→ **Goal of the exercise**
Each line from the one holding "let count = out.len().min(rest.len());" through the final line of the data below is to be given again exactly, and no other line is to appear.

___ Exercise input ___

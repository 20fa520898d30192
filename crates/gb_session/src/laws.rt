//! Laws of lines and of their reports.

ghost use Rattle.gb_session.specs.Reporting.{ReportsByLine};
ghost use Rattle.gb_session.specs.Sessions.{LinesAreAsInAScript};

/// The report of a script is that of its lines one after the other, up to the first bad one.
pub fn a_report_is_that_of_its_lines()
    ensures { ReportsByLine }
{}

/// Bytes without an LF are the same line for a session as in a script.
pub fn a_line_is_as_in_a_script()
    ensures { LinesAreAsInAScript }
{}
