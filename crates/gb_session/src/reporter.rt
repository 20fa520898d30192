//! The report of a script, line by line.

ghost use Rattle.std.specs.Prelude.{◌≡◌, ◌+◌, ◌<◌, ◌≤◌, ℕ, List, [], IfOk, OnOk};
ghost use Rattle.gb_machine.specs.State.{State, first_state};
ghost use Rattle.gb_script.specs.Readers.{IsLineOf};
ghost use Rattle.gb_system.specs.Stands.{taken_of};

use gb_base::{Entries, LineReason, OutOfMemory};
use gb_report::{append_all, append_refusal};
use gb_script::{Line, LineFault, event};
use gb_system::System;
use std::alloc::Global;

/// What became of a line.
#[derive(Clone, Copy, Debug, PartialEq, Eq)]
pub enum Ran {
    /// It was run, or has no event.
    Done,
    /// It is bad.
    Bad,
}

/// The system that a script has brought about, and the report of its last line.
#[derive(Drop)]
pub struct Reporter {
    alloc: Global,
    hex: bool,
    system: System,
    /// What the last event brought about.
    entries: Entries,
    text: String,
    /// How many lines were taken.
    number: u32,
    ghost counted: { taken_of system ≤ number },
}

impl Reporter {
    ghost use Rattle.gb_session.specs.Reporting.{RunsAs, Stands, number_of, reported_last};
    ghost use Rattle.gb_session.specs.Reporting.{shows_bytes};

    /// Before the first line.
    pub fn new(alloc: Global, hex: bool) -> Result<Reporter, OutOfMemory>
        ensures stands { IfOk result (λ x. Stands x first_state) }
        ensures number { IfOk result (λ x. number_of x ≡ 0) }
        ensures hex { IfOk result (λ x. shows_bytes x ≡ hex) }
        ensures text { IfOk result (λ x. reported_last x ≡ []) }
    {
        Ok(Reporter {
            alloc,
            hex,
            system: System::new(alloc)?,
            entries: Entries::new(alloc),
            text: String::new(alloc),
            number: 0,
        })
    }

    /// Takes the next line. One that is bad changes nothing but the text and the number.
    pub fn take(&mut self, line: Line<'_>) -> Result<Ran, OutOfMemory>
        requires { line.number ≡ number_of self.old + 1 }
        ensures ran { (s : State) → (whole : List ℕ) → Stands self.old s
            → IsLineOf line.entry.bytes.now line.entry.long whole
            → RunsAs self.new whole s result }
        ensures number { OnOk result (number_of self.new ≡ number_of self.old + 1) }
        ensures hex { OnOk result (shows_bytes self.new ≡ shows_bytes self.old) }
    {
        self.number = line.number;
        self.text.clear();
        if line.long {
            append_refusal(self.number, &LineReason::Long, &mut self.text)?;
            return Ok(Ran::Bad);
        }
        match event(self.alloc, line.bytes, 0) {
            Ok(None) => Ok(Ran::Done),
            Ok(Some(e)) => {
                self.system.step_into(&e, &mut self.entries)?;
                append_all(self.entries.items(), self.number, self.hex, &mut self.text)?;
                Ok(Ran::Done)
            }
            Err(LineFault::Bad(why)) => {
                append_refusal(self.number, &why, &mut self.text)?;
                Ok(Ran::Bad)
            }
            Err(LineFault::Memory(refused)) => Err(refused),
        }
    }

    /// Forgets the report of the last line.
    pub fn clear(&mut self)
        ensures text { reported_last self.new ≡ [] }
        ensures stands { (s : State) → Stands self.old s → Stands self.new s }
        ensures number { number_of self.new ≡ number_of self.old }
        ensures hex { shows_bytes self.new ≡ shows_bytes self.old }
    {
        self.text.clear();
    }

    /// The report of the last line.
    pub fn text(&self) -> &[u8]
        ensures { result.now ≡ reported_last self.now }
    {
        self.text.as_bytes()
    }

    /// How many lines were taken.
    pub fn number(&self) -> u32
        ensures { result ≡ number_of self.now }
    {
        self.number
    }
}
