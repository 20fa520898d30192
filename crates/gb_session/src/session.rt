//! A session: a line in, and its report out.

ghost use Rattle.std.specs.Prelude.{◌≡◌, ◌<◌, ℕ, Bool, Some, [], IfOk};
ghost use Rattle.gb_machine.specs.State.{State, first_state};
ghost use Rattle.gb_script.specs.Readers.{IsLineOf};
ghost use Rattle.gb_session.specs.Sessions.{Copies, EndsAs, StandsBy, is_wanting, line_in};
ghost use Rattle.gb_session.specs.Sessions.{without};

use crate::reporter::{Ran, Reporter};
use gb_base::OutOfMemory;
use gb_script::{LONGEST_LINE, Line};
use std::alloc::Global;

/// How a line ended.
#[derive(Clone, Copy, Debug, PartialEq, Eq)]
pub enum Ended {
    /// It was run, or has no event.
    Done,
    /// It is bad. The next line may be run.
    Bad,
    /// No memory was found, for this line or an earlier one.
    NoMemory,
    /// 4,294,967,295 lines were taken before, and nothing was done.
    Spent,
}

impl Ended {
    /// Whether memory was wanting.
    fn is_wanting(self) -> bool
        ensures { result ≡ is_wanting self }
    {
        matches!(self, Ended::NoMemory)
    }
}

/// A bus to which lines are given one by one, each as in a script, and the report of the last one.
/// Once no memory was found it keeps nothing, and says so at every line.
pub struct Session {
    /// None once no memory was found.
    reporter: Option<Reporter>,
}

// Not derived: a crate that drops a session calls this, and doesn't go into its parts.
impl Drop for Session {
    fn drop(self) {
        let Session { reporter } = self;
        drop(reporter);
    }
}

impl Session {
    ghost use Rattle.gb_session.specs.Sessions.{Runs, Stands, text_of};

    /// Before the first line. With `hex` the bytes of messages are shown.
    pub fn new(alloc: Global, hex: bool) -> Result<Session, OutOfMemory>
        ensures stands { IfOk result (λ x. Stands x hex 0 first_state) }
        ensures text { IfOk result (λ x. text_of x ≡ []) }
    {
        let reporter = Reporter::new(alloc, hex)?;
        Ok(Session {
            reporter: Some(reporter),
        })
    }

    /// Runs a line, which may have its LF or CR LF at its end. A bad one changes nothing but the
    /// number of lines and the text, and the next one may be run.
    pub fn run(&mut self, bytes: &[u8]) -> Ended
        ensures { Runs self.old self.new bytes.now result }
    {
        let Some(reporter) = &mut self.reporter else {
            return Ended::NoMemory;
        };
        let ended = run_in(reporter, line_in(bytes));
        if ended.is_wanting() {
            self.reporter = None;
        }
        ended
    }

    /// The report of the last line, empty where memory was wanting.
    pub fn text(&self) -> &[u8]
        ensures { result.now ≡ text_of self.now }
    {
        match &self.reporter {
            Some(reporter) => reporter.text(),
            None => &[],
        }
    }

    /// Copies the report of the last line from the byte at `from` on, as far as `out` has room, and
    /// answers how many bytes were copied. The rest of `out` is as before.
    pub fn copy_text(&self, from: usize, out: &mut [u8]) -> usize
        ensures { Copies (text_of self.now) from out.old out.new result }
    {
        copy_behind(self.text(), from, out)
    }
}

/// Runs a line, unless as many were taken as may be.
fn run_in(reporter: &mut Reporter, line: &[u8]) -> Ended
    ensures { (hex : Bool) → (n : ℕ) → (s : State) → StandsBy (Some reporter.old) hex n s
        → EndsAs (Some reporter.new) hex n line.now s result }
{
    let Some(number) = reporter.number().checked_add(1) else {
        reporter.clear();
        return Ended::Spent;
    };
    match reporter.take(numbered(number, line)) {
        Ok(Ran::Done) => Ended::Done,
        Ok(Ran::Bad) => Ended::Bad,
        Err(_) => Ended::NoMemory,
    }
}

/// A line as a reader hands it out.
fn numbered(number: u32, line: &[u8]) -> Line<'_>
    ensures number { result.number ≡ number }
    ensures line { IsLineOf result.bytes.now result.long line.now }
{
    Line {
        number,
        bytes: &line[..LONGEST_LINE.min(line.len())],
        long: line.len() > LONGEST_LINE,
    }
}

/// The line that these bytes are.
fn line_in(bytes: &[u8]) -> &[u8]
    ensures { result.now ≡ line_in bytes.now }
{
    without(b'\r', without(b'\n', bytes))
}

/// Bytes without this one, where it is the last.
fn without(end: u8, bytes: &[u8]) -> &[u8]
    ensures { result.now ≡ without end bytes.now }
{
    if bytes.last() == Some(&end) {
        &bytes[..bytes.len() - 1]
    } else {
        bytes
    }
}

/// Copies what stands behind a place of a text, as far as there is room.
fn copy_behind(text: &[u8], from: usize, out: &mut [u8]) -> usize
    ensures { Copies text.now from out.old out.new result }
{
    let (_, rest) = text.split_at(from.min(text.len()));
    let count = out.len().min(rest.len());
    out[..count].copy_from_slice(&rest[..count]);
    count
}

___

→ **Output**
    let count = out.len().min(rest.len());
    out[..count].copy_from_slice(&rest[..count]);
    count
}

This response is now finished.